Hate doing dishes? This restaurant dishwasher cleans 500 a shift and says it’s her therapy

For most people, the pot and the assembly line must be washed first in the morning. For Sophia Velador, he runs the vegetable pit at Alder & Sage at Long Beach’s breakfast and lunch order, which is therapeutic.

An unwashed sink filled with the beginning of her workday. That’s how she’s making a living for the past decade. She had no other way.

Velador, 40, traveled over an hour to work on Alder & Sage’s head dishwasher from his home shared with his mother in Santa Ana.

Graphic handwritten text: Back of the house

series

The often overlooked story of restaurant staff making and serving our food.

Sometimes former colleagues who move to other restaurants will try to poach for her new institution.

“No, thank you,” she told them. “Where I’m good.”

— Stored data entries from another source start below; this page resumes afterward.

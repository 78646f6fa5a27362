//! Lowers calls of declared procedures and of standard procedures. No well-typed module calls a
//! variable, or calls Read without an argument. Such calls are lowered to `WriteLine`, since some
//! instruction has to be returned.
//!
//! Arguments and parameters are visited in pairs, and the lengths of the two lists aren't compared.
//! If one list is longer, the call isn't well-typed, and nothing is claimed about its code. Read
//! needs the place of its argument (`locate_var_argument`), Write the value of its argument
//! (`lower_to_number`).

ghost use Rattle.std.specs.Prelude.{◌≡◌, IfOk, Some, map, option_map, slice_get};
ghost use Rattle.ob0_tree.specs.View.{arguments_of, call_of};
ghost use Rattle.ob0_tree.specs.Tree.{calls};
ghost use Rattle.ob0_language_names.specs.Names.{Label};
ghost use Rattle.ob0_types_table.specs.DeclarationTables.{shapes_of};
ghost use Rattle.ob0_types_table.specs.DeclarationTableView.{formal_parameter_view, standard_procedure_of};
ghost use Rattle.ob0_types_table.specs.Designators.{labelled_expressions};
ghost use Rattle.ob0_scope_table.specs.LabelledTrees.{tree_with_labels, label_at_token};
ghost use Rattle.ob0_language_types.specs.Expressions.{a_procedure, a_standard_procedure, read_procedure, write_procedure};
ghost use Rattle.ob0_run_machine.specs.LoweredCodeViews.{argument_of, statement_of};
ghost use Rattle.ob0_run_lowering.specs.Scenes.{object_of_label};
ghost use Rattle.ob0_run_lowering.specs.LoweredBodies.{LowersArguments, LowersStatement, arguments_or_empty_list};

use crate::Scene;
use ob0_run_machine::code;
use ob0_run_machine::code::{Argument, Instruction};
use ob0_tree::{Call, Expression};
use ob0_types_table::{FormalParameter, Object, StandardProcedure};
use std::alloc::{AllocError, Global};

/// Returns the code of a statement that calls a declared procedure or a standard procedure. If the
/// called name is neither, the code is `WriteLine`.
pub(crate) fn lower_call_statement(
    alloc: Global,
    scene: &Scene<'_, '_, '_>,
    c: &Call,
) -> Result<Instruction, AllocError>
    ensures { IfOk result (λ made. LowersStatement scene.now (statement_of made)
        (tree_with_labels scene.now.resolved.now (call_of c.now))) }
{
    match scene.object_at_token(c.procedure) {
        None => Ok(Instruction::WriteLine),
        Some(object) => match object {
            Object::Procedure(formals) => lower_procedure_call(alloc, scene, c, formals.as_slice()),
            Object::StandardProcedure(standard) => lower_standard_call(
                alloc,
                scene,
                *standard,
                &c.arguments,
            ),
            Object::TypeName(_) => Ok(Instruction::WriteLine),
            Object::Constant(_) => Ok(Instruction::WriteLine),
            Object::FaultyConstant => Ok(Instruction::WriteLine),
            Object::Variable(_) => Ok(Instruction::WriteLine),
        },
    }
}

/// Returns the code of a call of a declared procedure with the parameters `formals`.
fn lower_procedure_call(
    alloc: Global,
    scene: &Scene<'_, '_, '_>,
    c: &Call,
    formals: &[FormalParameter],
) -> Result<Instruction, AllocError>
    ensures { IfOk result (λ made. object_of_label scene.now.types.now
        (label_at_token scene.now.resolved.now c.now.procedure)
        ≡ Some (a_procedure (map (formal_parameter_view (shapes_of scene.now.types.now)) formals.now))
        → LowersStatement scene.now (statement_of made)
        (tree_with_labels scene.now.resolved.now (call_of c.now))) }
{
    let arguments = lower_arguments(alloc, scene, formals, &c.arguments)?;
    let target = scene.call_target_at_token(c.procedure);
    Ok(Instruction::Call(code::ProcedureCall {
        procedure: target.procedure,
        up: target.up,
        arguments,
    }))
}

/// Returns the code of a call's arguments, each according to its parameter. Returns an empty list
/// if the call has no argument list.
fn lower_arguments(
    alloc: Global,
    scene: &Scene<'_, '_, '_>,
    formals: &[FormalParameter],
    given: &Option<Vec<Expression>>,
) -> Result<Vec<Argument>, AllocError>
    ensures { IfOk result (λ made. LowersArguments scene.now
        (map (formal_parameter_view (shapes_of scene.now.types.now)) formals.now) (map argument_of made.items)
        (labelled_expressions scene.now.resolved.now (arguments_or_empty_list given.now))) }
{
    match given {
        None => Ok(Vec::new(alloc)),
        Some(given) => lower_argument_list(alloc, scene, formals, given),
    }
}

fn lower_argument_list(
    alloc: Global,
    scene: &Scene<'_, '_, '_>,
    formals: &[FormalParameter],
    given: &Vec<Expression>,
) -> Result<Vec<Argument>, AllocError>
    ensures { IfOk result (λ made. LowersArguments scene.now
        (map (formal_parameter_view (shapes_of scene.now.types.now)) formals.now) (map argument_of made.items)
        (labelled_expressions scene.now.resolved.now given.now.items)) }
{
    let mut made = Vec::new(alloc);
    for (formal, e) in formals.iter().zip(given) {
        let argument = scene.lower_to_argument(alloc, formal, e)?;
        made.push(argument)?;
    }
    Ok(made)
}

/// Returns the first argument of a call, or None if the call has no arguments.
fn first_argument(given: &Option<Vec<Expression>>) -> Option<&Expression>
    ensures { option_map (λ e. e.now) result ≡ slice_get (arguments_or_empty_list given.now) 0 }
{
    match given {
        None => None,
        Some(given) => given.first(),
    }
}

/// Returns the code of a call of a standard procedure with the arguments `given`.
fn lower_standard_call(
    alloc: Global,
    scene: &Scene<'_, '_, '_>,
    standard: StandardProcedure,
    given: &Option<Vec<Expression>>,
) -> Result<Instruction, AllocError>
    ensures { IfOk result (λ made. (x : Label)
        → object_of_label scene.now.types.now x ≡ Some (a_standard_procedure (standard_procedure_of standard))
        → LowersStatement scene.now (statement_of made)
        (calls x (tree_with_labels scene.now.resolved.now (arguments_of given.now)))) }
{
    match standard {
        StandardProcedure::Read => lower_read(alloc, scene, given),
        StandardProcedure::Write => lower_write(alloc, scene, given),
        StandardProcedure::WriteLn => Ok(Instruction::WriteLine),
    }
}

fn lower_read(
    alloc: Global,
    scene: &Scene<'_, '_, '_>,
    given: &Option<Vec<Expression>>,
) -> Result<Instruction, AllocError>
    ensures { IfOk result (λ made. (x : Label)
        → object_of_label scene.now.types.now x ≡ Some (a_standard_procedure read_procedure)
        → LowersStatement scene.now (statement_of made)
        (calls x (tree_with_labels scene.now.resolved.now (arguments_of given.now)))) }
{
    match first_argument(given) {
        None => Ok(Instruction::WriteLine),
        Some(e) => {
            let at = scene.locate_var_argument(alloc, e)?;
            Ok(Instruction::Read(at.place))
        }
    }
}

fn lower_write(
    alloc: Global,
    scene: &Scene<'_, '_, '_>,
    given: &Option<Vec<Expression>>,
) -> Result<Instruction, AllocError>
    ensures { IfOk result (λ made. (x : Label)
        → object_of_label scene.now.types.now x ≡ Some (a_standard_procedure write_procedure)
        → LowersStatement scene.now (statement_of made)
        (calls x (tree_with_labels scene.now.resolved.now (arguments_of given.now)))) }
{
    match first_argument(given) {
        None => Ok(Instruction::WriteLine),
        Some(e) => {
            let n = scene.lower_to_number(alloc, e)?;
            Ok(Instruction::Write(n))
        }
    }
}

For outsiders, the dishwasher job is a bottom summary of a restaurant, a creepy, tough and ultimately unwelcome job. But this can be said to be the most important role in catering venues.

Without a dishwasher, the plunge will stop and the restaurant will stop.

Washing dishes is often mistaken for easy admission to a job in a restaurant. But Kerstin Kansteiner, owner of Alder & Sage, said it was fast-paced hard work and needed to understand the parts of all the features in the restaurant – from craftsmanship to machinery.

“No one talks about these unsung heroes,” Cansteiner said. “Dishwashers are often overlooked, but we should all understand that they work with the front and back of the house and try to juggle everyone on the team – from chefs to servers to guests.”

Back-home workers like Velador are the foundation of the catering industry. But they rarely receive honors that are usually reserved for chefs or owners. To identify one of these less obvious job requirements, we made a transformation on a recent Thursday.

6:55 am

Black, hair is pulled up in a black turban, lips are dyed bright red, lipstick is dyed bright red, Velador looks like a modern chicana version Rosie rivets. The earplugs of wire bounced around her neck as she walked quickly, taking the first bus around the corner of Euclid Street and West Katella Avenue in Anaheim.

Sophia Velador is on the bus from Anaheim to Long Beach.

Sophia Velador took the first of three buses to work as a dishwasher in Long Beach. She will clock in about an hour and a half.

(Myung J. Chun/Los Angeles Times)

The stop was several blocks from her father’s home, who had Parkinson’s disease. She spends two nights a week taking care of him. She sorted out his place and spent time with him.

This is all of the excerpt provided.